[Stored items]
---

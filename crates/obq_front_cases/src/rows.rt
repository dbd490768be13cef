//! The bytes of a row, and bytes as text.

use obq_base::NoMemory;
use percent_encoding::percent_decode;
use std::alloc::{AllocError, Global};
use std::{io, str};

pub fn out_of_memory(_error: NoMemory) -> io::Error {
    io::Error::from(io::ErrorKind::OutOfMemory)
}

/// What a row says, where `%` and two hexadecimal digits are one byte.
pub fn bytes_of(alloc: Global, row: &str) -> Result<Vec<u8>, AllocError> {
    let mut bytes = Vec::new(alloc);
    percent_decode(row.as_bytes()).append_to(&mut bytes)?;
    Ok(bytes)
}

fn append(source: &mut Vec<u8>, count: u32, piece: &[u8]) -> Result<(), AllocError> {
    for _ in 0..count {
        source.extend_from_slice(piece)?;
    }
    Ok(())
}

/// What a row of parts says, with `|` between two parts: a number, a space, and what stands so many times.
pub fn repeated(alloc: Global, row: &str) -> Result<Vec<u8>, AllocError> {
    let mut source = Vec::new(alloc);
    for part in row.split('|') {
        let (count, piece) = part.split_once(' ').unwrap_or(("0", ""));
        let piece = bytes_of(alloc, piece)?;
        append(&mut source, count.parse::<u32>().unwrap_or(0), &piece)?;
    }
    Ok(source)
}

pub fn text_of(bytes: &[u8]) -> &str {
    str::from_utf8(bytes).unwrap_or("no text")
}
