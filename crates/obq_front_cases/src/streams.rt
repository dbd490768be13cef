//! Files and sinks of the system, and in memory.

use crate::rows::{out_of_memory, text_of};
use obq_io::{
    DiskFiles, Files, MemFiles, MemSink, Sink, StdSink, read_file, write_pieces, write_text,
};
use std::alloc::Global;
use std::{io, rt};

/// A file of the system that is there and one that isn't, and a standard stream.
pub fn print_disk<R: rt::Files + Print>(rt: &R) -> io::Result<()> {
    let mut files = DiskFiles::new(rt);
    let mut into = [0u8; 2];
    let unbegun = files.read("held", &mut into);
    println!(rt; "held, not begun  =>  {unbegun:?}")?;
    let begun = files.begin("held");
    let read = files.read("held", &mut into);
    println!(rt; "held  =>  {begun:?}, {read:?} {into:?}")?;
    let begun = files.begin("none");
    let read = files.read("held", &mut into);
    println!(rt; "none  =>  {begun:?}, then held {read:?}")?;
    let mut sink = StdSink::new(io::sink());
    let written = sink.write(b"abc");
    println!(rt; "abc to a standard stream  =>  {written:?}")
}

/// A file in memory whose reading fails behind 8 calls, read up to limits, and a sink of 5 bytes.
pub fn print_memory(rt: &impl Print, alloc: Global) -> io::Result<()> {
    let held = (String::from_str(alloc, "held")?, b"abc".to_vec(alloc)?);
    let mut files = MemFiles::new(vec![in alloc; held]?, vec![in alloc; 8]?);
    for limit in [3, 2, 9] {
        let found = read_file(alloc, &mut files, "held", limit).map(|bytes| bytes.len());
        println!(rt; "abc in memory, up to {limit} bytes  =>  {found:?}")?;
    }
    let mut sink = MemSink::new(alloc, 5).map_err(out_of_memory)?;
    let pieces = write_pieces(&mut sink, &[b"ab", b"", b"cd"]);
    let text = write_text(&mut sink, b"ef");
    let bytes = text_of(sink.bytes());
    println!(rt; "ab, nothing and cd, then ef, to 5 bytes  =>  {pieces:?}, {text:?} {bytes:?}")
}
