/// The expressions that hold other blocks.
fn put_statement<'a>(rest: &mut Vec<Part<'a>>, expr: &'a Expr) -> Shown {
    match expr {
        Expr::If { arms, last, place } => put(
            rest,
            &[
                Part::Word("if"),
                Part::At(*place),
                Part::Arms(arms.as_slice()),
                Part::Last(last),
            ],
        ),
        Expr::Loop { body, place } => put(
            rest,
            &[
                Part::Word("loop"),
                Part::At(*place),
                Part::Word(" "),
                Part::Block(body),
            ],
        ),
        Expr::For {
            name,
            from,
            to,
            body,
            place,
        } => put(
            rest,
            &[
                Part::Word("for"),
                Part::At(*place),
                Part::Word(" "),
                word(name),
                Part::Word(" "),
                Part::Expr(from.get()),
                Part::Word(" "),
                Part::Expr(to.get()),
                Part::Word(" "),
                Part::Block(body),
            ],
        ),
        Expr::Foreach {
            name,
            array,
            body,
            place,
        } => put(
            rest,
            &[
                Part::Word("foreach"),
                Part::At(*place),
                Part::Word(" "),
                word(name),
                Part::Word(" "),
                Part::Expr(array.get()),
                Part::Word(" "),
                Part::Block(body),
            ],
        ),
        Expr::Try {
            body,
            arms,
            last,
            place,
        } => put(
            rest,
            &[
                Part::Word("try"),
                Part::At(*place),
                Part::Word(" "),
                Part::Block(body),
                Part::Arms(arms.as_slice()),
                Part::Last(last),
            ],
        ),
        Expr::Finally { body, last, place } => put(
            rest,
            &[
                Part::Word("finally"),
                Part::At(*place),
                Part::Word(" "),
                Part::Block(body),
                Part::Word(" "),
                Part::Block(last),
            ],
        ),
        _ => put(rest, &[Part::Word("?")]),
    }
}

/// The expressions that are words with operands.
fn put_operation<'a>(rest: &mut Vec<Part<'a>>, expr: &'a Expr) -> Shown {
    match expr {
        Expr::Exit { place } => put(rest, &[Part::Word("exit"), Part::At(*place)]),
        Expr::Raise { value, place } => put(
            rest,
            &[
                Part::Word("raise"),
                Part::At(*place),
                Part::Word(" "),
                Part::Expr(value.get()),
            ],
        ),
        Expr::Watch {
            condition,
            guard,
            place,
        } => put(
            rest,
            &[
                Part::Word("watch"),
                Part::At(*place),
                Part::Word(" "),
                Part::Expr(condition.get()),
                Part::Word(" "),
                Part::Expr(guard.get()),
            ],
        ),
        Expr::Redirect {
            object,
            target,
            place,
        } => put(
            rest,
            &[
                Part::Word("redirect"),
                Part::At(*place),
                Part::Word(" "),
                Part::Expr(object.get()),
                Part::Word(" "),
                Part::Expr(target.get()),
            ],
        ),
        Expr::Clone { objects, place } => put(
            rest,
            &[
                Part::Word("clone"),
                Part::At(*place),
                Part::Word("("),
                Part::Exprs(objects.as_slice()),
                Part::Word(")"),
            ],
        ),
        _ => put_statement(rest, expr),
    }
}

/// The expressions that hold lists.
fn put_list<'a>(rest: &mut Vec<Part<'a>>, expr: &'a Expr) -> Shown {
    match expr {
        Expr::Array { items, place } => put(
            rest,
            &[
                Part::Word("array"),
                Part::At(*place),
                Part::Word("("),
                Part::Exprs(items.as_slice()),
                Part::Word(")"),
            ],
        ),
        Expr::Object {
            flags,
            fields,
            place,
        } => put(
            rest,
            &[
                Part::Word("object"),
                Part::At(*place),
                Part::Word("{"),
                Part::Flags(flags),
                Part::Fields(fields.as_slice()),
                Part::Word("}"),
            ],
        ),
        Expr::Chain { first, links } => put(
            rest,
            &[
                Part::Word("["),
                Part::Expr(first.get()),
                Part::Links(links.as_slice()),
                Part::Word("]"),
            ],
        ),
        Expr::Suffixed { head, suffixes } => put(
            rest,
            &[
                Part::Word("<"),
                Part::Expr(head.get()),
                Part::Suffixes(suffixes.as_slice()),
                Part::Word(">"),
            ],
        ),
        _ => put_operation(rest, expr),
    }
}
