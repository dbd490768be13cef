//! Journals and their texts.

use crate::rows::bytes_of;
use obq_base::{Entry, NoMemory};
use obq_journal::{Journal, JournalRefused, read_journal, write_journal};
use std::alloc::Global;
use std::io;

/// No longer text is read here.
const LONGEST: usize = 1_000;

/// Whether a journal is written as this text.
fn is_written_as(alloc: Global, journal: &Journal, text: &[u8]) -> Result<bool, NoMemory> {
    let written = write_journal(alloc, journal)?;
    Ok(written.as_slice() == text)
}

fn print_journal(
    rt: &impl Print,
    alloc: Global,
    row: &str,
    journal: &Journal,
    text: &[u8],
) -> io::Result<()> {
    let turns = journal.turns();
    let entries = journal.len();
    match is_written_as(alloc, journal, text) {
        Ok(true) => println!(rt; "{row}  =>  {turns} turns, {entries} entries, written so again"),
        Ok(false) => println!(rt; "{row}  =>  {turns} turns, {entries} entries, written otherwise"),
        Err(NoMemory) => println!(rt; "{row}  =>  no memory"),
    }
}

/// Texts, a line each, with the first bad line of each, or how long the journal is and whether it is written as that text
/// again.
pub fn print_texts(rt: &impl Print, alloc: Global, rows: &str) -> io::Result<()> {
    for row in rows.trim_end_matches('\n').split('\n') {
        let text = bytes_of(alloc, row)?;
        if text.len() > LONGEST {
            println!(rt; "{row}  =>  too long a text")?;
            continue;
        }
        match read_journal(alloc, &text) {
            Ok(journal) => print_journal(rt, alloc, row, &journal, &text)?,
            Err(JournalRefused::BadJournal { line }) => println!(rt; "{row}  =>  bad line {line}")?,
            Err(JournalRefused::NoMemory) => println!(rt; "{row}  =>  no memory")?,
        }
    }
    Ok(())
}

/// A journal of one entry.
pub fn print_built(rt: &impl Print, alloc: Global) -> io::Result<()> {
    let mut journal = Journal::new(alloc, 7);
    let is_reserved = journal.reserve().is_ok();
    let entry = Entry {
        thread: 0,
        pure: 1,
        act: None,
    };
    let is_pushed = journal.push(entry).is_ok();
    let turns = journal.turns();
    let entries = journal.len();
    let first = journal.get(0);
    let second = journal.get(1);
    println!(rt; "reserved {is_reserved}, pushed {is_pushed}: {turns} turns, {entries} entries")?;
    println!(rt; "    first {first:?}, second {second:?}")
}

---

▶ **ASSIGNMENT**
Note down each line above where the word "entries" occurs.

▶ **RESULT FOR THIS TASK**
    let entries = journal.len();
        Ok(true) => println!(rt; "{row}  =>  {turns} turns, {entries} entries, written so again"),
        Ok(false) => println!(rt; "{row}  =>  {turns} turns, {entries} entries, written otherwise"),
    let entries = journal.len();
    println!(rt; "reserved {is_reserved}, pushed {is_pushed}: {turns} turns, {entries} entries")?;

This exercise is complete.